Hey, that's a great idea! But I think we should call the strips "ribbons"...sounds way more sophisticated that way.
Oh come on, no one would be stupid enough to fall for that!
Sounds like CS4.
Canada: The US's more awesome sibling.
The issue is, it's only needless to *you*. Are we to assume that standards and abilities apply across the entire user base? For others, it might be a total clusterf*ck in the old version, and the new one clears up every single issue they ever had. I gotta tell you, I tried OO.org, and it felt like I was using Win95 again. I have no idea if it was actually a bad program or not, but I absolutely couldn't use it. I have it as an emergency app on my flash drive, but I pray I never have to use it. Being OSS, I think the strength would be that we can BOTH be satisfied. I cannot see any reason that they wouldn't be able to make a redesigned UI, and then someone can find a way to make a plug-in to emulate the old UI.
Canada: The US's more awesome sibling.
Double-click the tabs at the top of the ribbon, and the ribbon itself vanishes. Single click a tab to show it temporarily, like a menu. Double-click to get it to show permanently again.
This has existed since it was beta software called "Office 12." It's surprisingly poorly advertised; the behavior is logical but a little un-intuitive since most UIs don't do things like that, so a little user education would be smart.
There's no place I could be, since I've found Serenity...
Difficult for the Visually impaired?
This has the unfortunate implication of those who are not so great to look at. Perhaps the parent means vision-impaired.
I happen to Like Microsoft's 2008 ribbon. It got rid of the redundancy of having a toolbar and menus. It was a good idea on their part to simplify the interface in such a way. I'd hate to say it Microsoft devs once and a while do some things right.
RES PUBLICA NON DOMINETUR
Or for that matter, go to Customize, pull up "Commands Not in the Ribbon," and assign "ToggleFull" to the F11 key (the same key that is used in Firefox). Voila! No wasted screen real estate.
Breakfast served all day!
Simpsons did it
Haha... mercifully I haven't been exposed to Office 2007 so I didn't spot the joke.
-- Ed Avis ed@membled.com
You think that's bad? Try using MS Office 2007 on a eee. The bloody ribbon takes up a quarter of the freaking screen!
If you actually measure the height of menubar + default set of toolbars in Office 2003, and the height of ribbon in Office 2007, you'll see that ribbon is, in fact, slightly smaller.
The idea is NOT to give people choices.
Consistency is key to a UI. By giving a choice to switch you muddy that up. I'm STILL having to check when doing phone support if the control panel is in classic or catagory view.
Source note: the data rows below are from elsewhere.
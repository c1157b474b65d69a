//! What writes cost at the indexes of their table, in thousandths of a page read.
ghost use Rattle.std.specs.Prelude.{◌≡◌, ◌==◌, ◌≤◌, ◌*◌, All, if◌then◌else◌};
ghost use Rattle.std.specs.List.{list_any};
ghost use Rattle.adv_base.specs.Named.{NamesShape, NamesWork};
ghost use Rattle.adv_base.specs.Upkeep as write;
ghost use Rattle.hypo_indexes.specs.inner.Writes as writes;
ghost use Rattle.adv_base.specs.declared.limits.TheConstants.{MOST_INDEXES, MOST_RATE, MOST_ROWS, MOST_UPKEEP};

use crate::size::index_levels;
use adv_base::limits::MOST_CANDIDATES;
use adv_base::{Block, Catalogue, Config, IndexShape, Statement, Table, Work};
use cardinality::slot_rows;

/// Whether the block's one slot is on the index's table.
fn is_on_table(block: &Block, shape: &IndexShape) -> bool
    ensures { result ≡ write.is_on_table block.now shape.now }
{
    match block.slots.as_slice().get(0) {
        Some(slot) => slot.table == shape.table,
        None => false,
    }
}

/// Whether a column is among those that are set.
fn is_set(columns: &[u16], key: u16) -> bool
    ensures { result ≡ list_any (λ column. column == key) columns.now }
{
    columns.iter().any(|column| *column == key)
}

/// Whether some key is a column that is set.
fn holds_some(keys: &[u16], columns: &[u16]) -> bool
    ensures { result ≡ write.holds_some keys.now columns.now }
{
    keys.iter().any(|key| is_set(columns, *key))
}

/// Whether a statement writes an index: INSERT and DELETE each of the table, UPDATE those with a key that it sets.
fn touches(work: &Work, shape: &IndexShape) -> bool
    ensures { result ≡ write.touches work.now shape.now }
{
    match work {
        Work::Select(_) => false,
        Work::Update(block, columns) => {
            is_on_table(block, shape) && holds_some(shape.keys.as_slice(), columns.as_slice())
        }
        Work::Delete(block) => is_on_table(block, shape),
        Work::Insert { table, .. } => *table == shape.table,
    }
}

/// The rows that a statement changes.
fn changed_rows(cat: &Catalogue, statement: &Statement) -> u64
    requires { NamesWork cat.now statement.now.work }
    ensures exact { result ≡ write.changed_rows cat.now statement.now.work }
    ensures most { result ≤ MOST_ROWS }
{
    match &statement.work {
        Work::Select(_) => 0,
        Work::Update(block, _) => slot_rows(cat, block, 0),
        Work::Delete(block) => slot_rows(cat, block, 0),
        Work::Insert { rows, .. } => *rows,
    }
}

/// How often an entry is written for a row; an UPDATE takes one out and puts one in.
fn writes_per_row(work: &Work) -> u64
    ensures exact { result ≡ write.writes_per_row work.now }
    ensures most { result ≤ 2 }
{
    match work {
        Work::Select(_) => 0,
        Work::Update(_, _) => 2,
        Work::Delete(_) => 1,
        Work::Insert { .. } => 1,
    }
}

/// One write goes down the levels at random and handles a row.
fn write_cost(cat: &Catalogue, shape: &IndexShape) -> u64
    requires { NamesShape cat.now shape.now }
    ensures exact { result ≡ write.write_cost cat.now shape.now }
    ensures most { result ≤ 3 * MOST_RATE }
{
    let table = &cat.tables.items[shape.table as usize];
    cat.rates.rand_page * index_levels(table, shape.keys.as_slice()) + cat.rates.row_cpu
}

/// What one statement costs in upkeep of one index, in thousandths of a page read and without the statement's weight: a
/// write of each row that it changes, two for UPDATE, each going down the index at random. An index that the statement
/// doesn't touch costs 0. It takes no memory.
#[tactic(auto, unfolding(adv_base::specs::Upkeep::upkeep))]
pub fn upkeep(cat: &Catalogue, statement: &Statement, shape: &IndexShape) -> u128
    requires named { NamesWork cat.now statement.now.work }
    requires shape_named { NamesShape cat.now shape.now }
    ensures exact { result ≡ write.upkeep cat.now statement.now.work shape.now }
    ensures most { result ≤ MOST_UPKEEP }
{
    if !touches(&statement.work, shape) {
        return 0;
    }
    let each = changed_rows(cat, statement) as u128 * write_cost(cat, shape) as u128;
    writes_per_row(&statement.work) as u128 * each
}

/// The upkeep of the indexes that exist on a table.
fn table_upkeep(cat: &Catalogue, statement: &Statement, table: &Table) -> u128
    requires named { NamesWork cat.now statement.now.work }
    requires shapes_named { All (λ index. NamesShape cat.now index.shape) table.now.indexes }
    ensures { result ≡ writes.table_upkeep cat.now statement.now.work table.now }
{
    let mut sum = 0;
    for index in table.indexes.items.iter() {
        sum += upkeep(cat, statement, &index.shape);
    }
    sum
}

/// What one statement costs in upkeep of all indexes that exist, without its weight. It takes no memory.
#[tactic(auto, unfolding(adv_base::specs::Upkeep::kept_upkeep))]
pub fn kept_upkeep(cat: &Catalogue, statement: &Statement) -> u128
    requires { NamesWork cat.now statement.now.work }
    ensures exact { result ≡ write.kept_upkeep cat.now statement.now.work }
    ensures most { result ≤ MOST_INDEXES * MOST_UPKEEP }
{
    let mut sum = 0;
    for table in cat.tables.items.iter() {
        sum += table_upkeep(cat, statement, table);
    }
    sum
}

/// The upkeep of an index that is chosen, and else 0.
fn upkeep_if(cat: &Catalogue, statement: &Statement, shape: &IndexShape, chosen: bool) -> u128
    requires named { NamesWork cat.now statement.now.work }
    requires shape_named { NamesShape cat.now shape.now }
    ensures exact { result ≡ (if chosen then write.upkeep cat.now statement.now.work shape.now else 0) }
    ensures most { result ≤ MOST_UPKEEP }
{
    if chosen {
        upkeep(cat, statement, shape)
    } else {
        0
    }
}

/// What one statement costs in upkeep of a configuration's candidates, without its weight. It takes no memory.
#[tactic(auto, unfolding(adv_base::specs::Upkeep::config_upkeep))]
pub fn config_upkeep(
    cat: &Catalogue,
    statement: &Statement,
    shapes: &[IndexShape],
    config: &Config,
) -> u128
    requires named { NamesWork cat.now statement.now.work }
    requires shapes_named { All (NamesShape cat.now) shapes.now }
    ensures exact { result ≡ write.config_upkeep cat.now shapes.now config.now statement.now.work }
    ensures most { result ≤ MOST_CANDIDATES * MOST_UPKEEP }
{
    let mut sum = 0;
    for (i, shape) in shapes.iter().enumerate() {
        if i >= MOST_CANDIDATES {
            return sum;
        }
        sum += upkeep_if(cat, statement, shape, config.on[i]);
    }
    sum
}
If MS had gone with just ONE then I would know exactly what they should be seeing. By not giving a choice they made it standard and now when I work with somebody on an office problem I know what interface to expect.
I suspect you'll be in a fairly small minority. The current UI not only looks dated (not a serious problem) but also has basic usability flaws all over it (which is). It's visually cluttered but inconsistent in where related commands appear on menus and toolbars, and there are numerous problems with interfaces for specific functionality (the styles and numbering features in Writer, formula editing in Calc, etc.).
If you follow the link to TFA and note the various priorities they describe there, I reckon they've got a pretty good handle on how a replacement UI should be designed, and if you consider how each point applies to the current UI, it's a pretty good checklist to identify the shortcomings.
If you disagree, post your argument. (-1, Overrated) isn't your personal censorship tool for views you don't like.